People living with and affected by HIV continue to suffer stigma and discrimination. In 2021, 19.4% of People Living with HIV (PLHIV) reported that they experienced stigma and discrimination in the general community while 15.4% of PLHIV reported experiencing HIV-related discrimination in health-care settings in the 12 months preceding the survey.

The prevalence of HIV among Key Populations (Female Sex Workers (FSW), Men who have Sex with Men (MSM), people who use drugs (PWID) and transgender people (TG) is disproportionately higher than the general population at 15.3%, 25%, 10.9% and 28.8% respectively. Despite the existing criminalizing laws in place, we need to ensure that HIV related services are made accessible to these Key Populations without discrimination following a Public Health approach.
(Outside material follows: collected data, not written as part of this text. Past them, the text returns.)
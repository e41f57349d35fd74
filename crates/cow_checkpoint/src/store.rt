//! The checkpoints that a replica holds.

ghost use Rattle.std.specs.Prelude.{◌≡◌, ◌<◌, ◌↔◌, ◌++◌, ◌∷◌, [], ℕ, List, Some, IsOk, vec_len};
ghost use Rattle.std.specs.Prelude.{OnOk, IfOk, IfErr, IfSome, IsSome, length};
ghost use Rattle.std.specs.Option.{option_map};
ghost use Rattle.std.specs.Vec.{vec_capacity};
ghost use Rattle.std.specs.Ordering.{nat_cmp};
ghost use Rattle.std.specs.BTreeSet.{contains};
ghost use Rattle.std.specs.List.Sorted.{IsStrictlySortedBy};
ghost use Rattle.std.specs.Rc.{rc_slice_items};
ghost use Rattle.abs_model.specs.declared.Entry.{Entry};
ghost use Rattle.cluster_model.specs.Right.{is_told};
ghost use Rattle.conf_map.specs.Stands.{StandValid};
ghost use Rattle.conf_map.specs.Notice.{Watched};
ghost use Rattle.cow_checkpoint.specs.Store.{begun, notices, takes, drops, held_text, HasNode, IsNodeText, IsExact, IsTouched};

use crate::checkpoint::{Checkpoint, present_text};
use crate::held::Held;
use crate::saved::Text;
use conf_map::Modify;
use nfs2_types::NoMemory;
use partition_tree::Tree;
use server_trait::{ConfTable, Srv, WrapErr};
use std::alloc::Global;
use std::collections::BTreeSet;
use std::marker::Model;
use std::rc::RcSlice;

/// Checkpoints of a replica: their digests, and the texts that have changed since. It is told of each object before
/// that is changed, and saves the object's text then, once for each checkpoint.
#[derive(Drop)]
pub struct CheckpointStore {
    alloc: Global,
    size: usize,
    taken: u32,
    told: Vec<u32>,
    held: Held,
}

impl Model for CheckpointStore {
    ghost use Rattle.cow_checkpoint.specs.Store.{Store, IsKept};

    ghost Value = { Store };

    ghost view = { λ s. record {
      size = s.size;
      taken = s.taken;
      told = s.told.items;
      holds = s.held;
    } };

    ghost invariant = { λ s. IsKept (record {
      size = s.size;
      taken = s.taken;
      told = s.told.items;
      holds = s.held;
    }) };
}

/// Appends an index, where there is room for it.
fn push_within(told: &mut Vec<u32>, index: u32) -> Result<(), WrapErr>
    requires { vec_len told.old < vec_capacity told.old }
    ensures ok { IsOk result }
    ensures items { told.new.items ≡ told.old.items ++ index ∷ [] }
{
    match told.push(index) {
        Ok(()) => Ok(()),
        Err(_) => Err(WrapErr::NoMemory),
    }
}

/// The indexes told, each once.
fn told_once(alloc: Global, told: &[u32]) -> Result<BTreeSet<u32>, NoMemory>
    ensures { IfOk result (λ once. (i : ℕ) → contains nat_cmp once i ≡ is_told i told.now) }
{
    let mut once = BTreeSet::new(alloc);
    for index in told {
        if once.insert(*index).is_err() {
            return Err(NoMemory);
        }
    }
    Ok(once)
}

/// The same as a list, rising.
fn in_order(alloc: Global, once: &BTreeSet<u32>) -> Result<Vec<u32>, NoMemory>
    ensures same { IfOk result (λ v. v.items ≡ once.now.keys) }
    ensures rising { IfOk result (λ v. IsStrictlySortedBy nat_cmp v.items) }
{
    let mut indexes = Vec::new(alloc);
    for index in once.iter() {
        if indexes.push(*index).is_err() {
            return Err(NoMemory);
        }
    }
    Ok(indexes)
}

/// A text, handed out.
fn shared(text: &Text) -> Result<Option<RcSlice<u8>>, WrapErr>
    ensures text { IfOk result (λ shared. option_map rc_slice_items shared ≡ Some text.now) }
    ensures err { IfErr result (λ e. e ≡ WrapErr.NoMemory) }
{
    match text.share() {
        Ok(shared) => Ok(Some(shared)),
        Err(_) => Err(WrapErr::NoMemory),
    }
}

impl CheckpointStore {
    /// Holds one checkpoint: that of this place, with the digests of the tree.
    pub fn new(alloc: Global, place: u32, tree: Tree) -> Result<CheckpointStore, NoMemory>
        ensures { IfOk result (λ store. store ≡ begun place tree) }
    {
        let size = tree.len();
        Ok(CheckpointStore {
            alloc,
            size,
            taken: place,
            told: Vec::new(alloc),
            held: Held::new(alloc, Checkpoint::new(alloc, place, tree)),
        })
    }

    /// The indexes told since the newest checkpoint taken, each once and rising.
    pub fn touched(&self) -> Result<Vec<u32>, NoMemory>
        ensures touched { IfOk result (λ indexes. IsTouched self.now.told indexes.items) }
        ensures exact { IsExact self.now.told self.now.holds }
    {
        let once = told_once(self.alloc, &self.told)?;
        in_order(self.alloc, &once)
    }

    /// Holds a checkpoint of this place besides, with the digests of the tree.
    pub fn take(&mut self, place: u32, tree: &Tree) -> Result<(), NoMemory>
        requires later { self.old.taken < place }
        requires size { length tree.now ≡ self.old.size }
        ensures { OnOk result (self.new ≡ takes place tree.now self.old) }
    {
        let copy = tree.copy(self.alloc)?;
        let checkpoint = Checkpoint::new(self.alloc, place, copy);
        self.held.push(checkpoint)?;
        self.told.clear();
        self.taken = place;
        Ok(())
    }

    /// The text that an index had at a place, where nothing changed that was not told: the one saved first at or after
    /// the place, else the present text. There is none where the place is not held, or the index lies outside.
    pub fn get(
        &mut self,
        server: &mut Srv,
        table: &ConfTable,
        place: u32,
        index: u32,
    ) -> Result<Option<RcSlice<u8>>, WrapErr>
        requires stands { (A : List Entry) × StandValid (state server.old).tree table.now A }
        requires size { length table.now.rows.items ≡ self.old.size }
        ensures held { IfOk result (λ text. (A : List Entry) → StandValid (state server.old).tree table.now A →
            option_map rc_slice_items text ≡ held_text place index A self.old) }
        ensures same { self.new ≡ self.old }
        ensures tree { OnOk result ((state server.new).tree ≡ (state server.old).tree) }
        ensures watched { Watched (state server.old) (state server.new) result }
    {
        if !self.held.has(place) || self.size <= index as usize {
            return Ok(None);
        }
        if let Some(text) = self.held.saved(place, index) {
            return shared(text);
        }
        let text = present_text(self.alloc, server, table, index)?;
        shared(&text)
    }

    /// The text of a node of the checkpoint of a place, or `None` where the place is not held, at level 0, and outside
    /// the tree. It takes no memory.
    pub fn node(&self, place: u32, level: u32, number: u32) -> Option<[u8; 524]>
        ensures text { IfSome result (λ text. IsNodeText place level number self.now.holds text) }
        ensures some { IsSome result ↔ HasNode place level number self.now.holds }
    {
        match self.held.at(place) {
            Some(c) => c.node(level, number),
            None => None,
        }
    }

    /// Forgets the checkpoints of lower places. It takes no memory.
    pub fn drop_before(&mut self, place: u32)
        ensures { self.new ≡ drops place self.old }
    {
        self.held.drop_before(place);
    }
}

impl Modify for CheckpointStore {
    ghost told = { λ s. s.told };

    ghost noticed = { λ old A i new. new ≡ notices A i old };

    fn modify(&mut self, server: &mut Srv, table: &ConfTable, index: u32) -> Result<(), WrapErr> {
        if self.told.reserve(1).is_err() {
            return Err(WrapErr::NoMemory);
        }
        self.held.save(self.alloc, server, table, index)?;
        push_within(&mut self.told, index)
    }
}
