//! What holds of every store.

ghost use Rattle.std.specs.Prelude.{◌≡◌, ℕ, List, false};
ghost use Rattle.abs_model.specs.declared.Entry.{Entry};
ghost use Rattle.abs_model.specs.Array.{entry_at};
ghost use Rattle.abs_text.specs.Text.{entry_text};
ghost use Rattle.cluster_model.specs.State.{held_from};
ghost use Rattle.cluster_model.specs.Right.{is_told};
ghost use Rattle.conf_map.specs.Notice.{NoticedAll};
ghost use Rattle.cow_checkpoint.specs.Store.{Store, notices, all_noticed, IsCovered};

/// Held texts stay: where an array changes at most at indexes that were told before, each text held at a place not
/// above that of the newest checkpoint is held there again.
pub fn held_texts_stay()
    ensures { (A B : List Entry) (told : List ℕ) (s : Store) (place index : ℕ) → IsCovered place s.holds →
        (is_told index told ≡ false →
        entry_text index (entry_at B index) ≡ entry_text index (entry_at A index)) →
        held_from place index (all_noticed A told s).holds (entry_text index (entry_at B index))
        ≡ held_from place index s.holds (entry_text index (entry_at A index)) }
{}

/// What a store is after notices.
pub fn notices_in_turn()
    ensures { (A : List Entry) (told : List ℕ) (s t : Store) →
        NoticedAll (λ old B i new. new ≡ notices B i old) A s told t → t ≡ all_noticed A told s }
{}
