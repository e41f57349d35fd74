//! The checkpoints that are held.

ghost use Rattle.std.specs.Prelude.{◌≡◌, ◌<◌, ◌++◌, ◌∷◌, [], List, None, OnOk, OnErr, IfErr, length, reverse};
ghost use Rattle.std.specs.Option.{option_copied, option_to_list};
ghost use Rattle.abs_model.specs.declared.Entry.{Entry};
ghost use Rattle.abs_model.specs.Array.{entry_at};
ghost use Rattle.abs_text.specs.Text.{entry_text};
ghost use Rattle.cluster_model.specs.State as model;
ghost use Rattle.cluster_model.specs.Moments.{from_place};
ghost use Rattle.conf_map.specs.Stands.{StandValid};
ghost use Rattle.conf_map.specs.Notice.{Watched};
ghost use Rattle.cow_checkpoint.specs.Store.{saves_newest};
ghost use Rattle.cow_checkpoint.specs.Held.{held_at, saved_from};

use crate::checkpoint::Checkpoint;
use crate::saved::Text;
use nfs2_types::NoMemory;
use server_trait::{ConfTable, Srv, WrapErr};
use std::alloc::Global;
use std::marker::Model;

/// Checkpoints, which contracts see from the newest on.
#[derive(Drop)]
pub struct Held {
    newest: Option<Checkpoint>,
    // in the order in which they were taken
    older: Vec<Checkpoint>,
}

impl Model for Held {
    ghost use Rattle.std.specs.Prelude.{◌≡◌, ◌++◌, [], List, None, reverse};
    ghost use Rattle.std.specs.Option.{option_to_list};
    ghost use Rattle.cluster_model.specs.State as model;

    ghost Value = { List model.Checkpoint };

    ghost view = { λ h. option_to_list h.newest ++ reverse h.older.items };

    ghost invariant = { λ h. h.newest ≡ None → h.older.items ≡ [] };
}

/// Puts a checkpoint, if there is one, behind the others; else hands it back.
fn append(older: &mut Vec<Checkpoint>, last: Option<Checkpoint>) -> Result<(), Option<Checkpoint>>
    ensures ok { OnOk result (reverse older.new.items ≡ option_to_list last ++ reverse older.old.items) }
    ensures err { OnErr result (older.new.items ≡ older.old.items) }
    ensures back { IfErr result (λ back. back ≡ last) }
{
    match last {
        None => Ok(()),
        Some(checkpoint) => match older.push(checkpoint) {
            Ok(()) => Ok(()),
            Err(refused) => Err(Some(refused.value)),
        },
    }
}

/// The checkpoint, if it is that of a place or of a later one.
fn still(newest: Option<Checkpoint>, place: u32) -> Option<Checkpoint>
    ensures { option_to_list result ≡ from_place place (option_to_list newest) }
{
    match newest {
        None => None,
        Some(checkpoint) => {
            if checkpoint.is_from(place) {
                Some(checkpoint)
            } else {
                None
            }
        }
    }
}

/// The newest checkpoint, which is taken from the others where there is none.
fn refill(newest: Option<Checkpoint>, older: &mut Vec<Checkpoint>) -> Option<Checkpoint>
    ensures same { option_to_list result ++ reverse older.new.items ≡ option_to_list newest ++ reverse older.old.items }
    ensures full { result ≡ None → older.new.items ≡ [] }
{
    match newest {
        Some(checkpoint) => Some(checkpoint),
        None => older.pop(),
    }
}

/// The newest of these checkpoints that is of a place.
fn among(older: &[Checkpoint], place: u32) -> Option<&Checkpoint>
    ensures { option_copied result ≡ held_at place (reverse older.now) }
{
    older.iter().rev().find(|c| c.is_of(place))
}

/// The text saved first at or after a place by these, which stand in the order in which they were taken.
fn first_saved(older: &[Checkpoint], place: u32, index: u32) -> Option<&Text>
    ensures { option_copied result ≡ saved_from place index (reverse older.now) }
{
    for c in older {
        if let Some(text) = c.saved_for(place, index) {
            return Some(text);
        }
    }
    None
}

/// The text saved at or after a place by the newest.
fn newest_saved(newest: &Option<Checkpoint>, place: u32, index: u32) -> Option<&Text>
    ensures { option_copied result ≡ saved_from place index (option_to_list newest.now) }
{
    match newest {
        Some(c) => c.saved_for(place, index),
        None => None,
    }
}

impl Held {
    /// Holds one checkpoint. It takes no memory.
    pub fn new(alloc: Global, checkpoint: Checkpoint) -> Held
        ensures { result ≡ checkpoint ∷ [] }
    {
        Held {
            newest: Some(checkpoint),
            older: Vec::new(alloc),
        }
    }

    /// Holds a newer checkpoint besides.
    pub fn push(&mut self, checkpoint: Checkpoint) -> Result<(), NoMemory>
        ensures ok { OnOk result (self.new ≡ checkpoint ∷ self.old) }
        ensures err { OnErr result (self.new ≡ self.old) }
    {
        let last = self.newest.take();
        match append(&mut self.older, last) {
            Ok(()) => {
                self.newest = Some(checkpoint);
                Ok(())
            }
            Err(last) => {
                self.newest = last;
                Err(NoMemory)
            }
        }
    }

    /// Saves the present text of an index under the newest checkpoint, unless there is one saved.
    pub fn save(
        &mut self,
        alloc: Global,
        server: &mut Srv,
        table: &ConfTable,
        index: u32,
    ) -> Result<(), WrapErr>
        requires stands { (A : List Entry) × StandValid (state server.old).tree table.now A }
        requires within { index < length table.now.rows.items }
        ensures saved { OnOk result ((A : List Entry) → StandValid (state server.old).tree table.now A →
            self.new ≡ saves_newest index (entry_text index (entry_at A index)) self.old) }
        ensures err { OnErr result (self.new ≡ self.old) }
        ensures same { OnOk result ((state server.new).tree ≡ (state server.old).tree) }
        ensures watched { Watched (state server.old) (state server.new) result }
    {
        let Some(newest) = &mut self.newest else {
            return Ok(());
        };
        newest.save(alloc, server, table, index)
    }

    /// Forgets the checkpoints of lower places.
    pub fn drop_before(&mut self, place: u32)
        ensures { self.new ≡ from_place place self.old }
    {
        self.older.retain(|c| c.is_from(place));
        let newest = self.newest.take();
        let newest = still(newest, place);
        self.newest = refill(newest, &mut self.older);
    }

    /// Whether the checkpoint of a place is held.
    pub fn has(&self, place: u32) -> bool
        ensures { result ≡ model.holds_in place self.now }
    {
        self.at(place).is_some()
    }

    /// The checkpoint of a place.
    pub fn at(&self, place: u32) -> Option<&Checkpoint>
        ensures { option_copied result ≡ held_at place self.now }
    {
        match &self.newest {
            None => {
                let found = among(&self.older, place);
                found
            }
            Some(newest) => {
                if newest.is_of(place) {
                    return Some(newest);
                }
                let found = among(&self.older, place);
                found
            }
        }
    }

    /// The text saved first at or after a place.
    pub fn saved(&self, place: u32, index: u32) -> Option<&Text>
        ensures { option_copied result ≡ saved_from place index self.now }
    {
        let first = first_saved(&self.older, place, index);
        let last = newest_saved(&self.newest, place, index);
        first.or(last)
    }
}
One Stop Shops (OSS) that provide services to Key Populations and other vulnerable groups need to be expanded as needed.

Progress against AIDS has been strongest in the countries that have invested as required in their HIV responses, and reformed their policies to enable people to access the services they need. The recently concluded National AIDS Spending Assessment in Nigeria (NASA) showed that most of the HIV funding in Nigeria was provided by international donors, primarily PEPFAR and The Global Fund (76% and19% respectively) in 2021, indicating a high dependence on external funding. Sufficient and sustainable resourcing, and a legal environment that facilitates access to effective, equitable and people-centred HIV services, are essential for ending the pandemic.

Technological advances, such as the development of long-acting treatment and prevention options, could be a game changer in the HIV response but only if these technologies are shared with all low- and middle- income countries, and are produced by multiple manufacturers across the world at scale. Right now, patent holders are not opening up access broadly enough to enable this breakthrough. In Nigeria, local production of Anti-retrovirals and other prevention commodities will in no small measure contribute to achieving the desired results in the HIV response.

All the challenges laid out by UNAIDS in this new report are surmountable. Success is not inevitable. The solutions are at hand. The HIV response is at a crossroads, in which the path to success is clearly signalled. The national leaders and authorities of the HIV response in Nigeria need to be bold and take that path.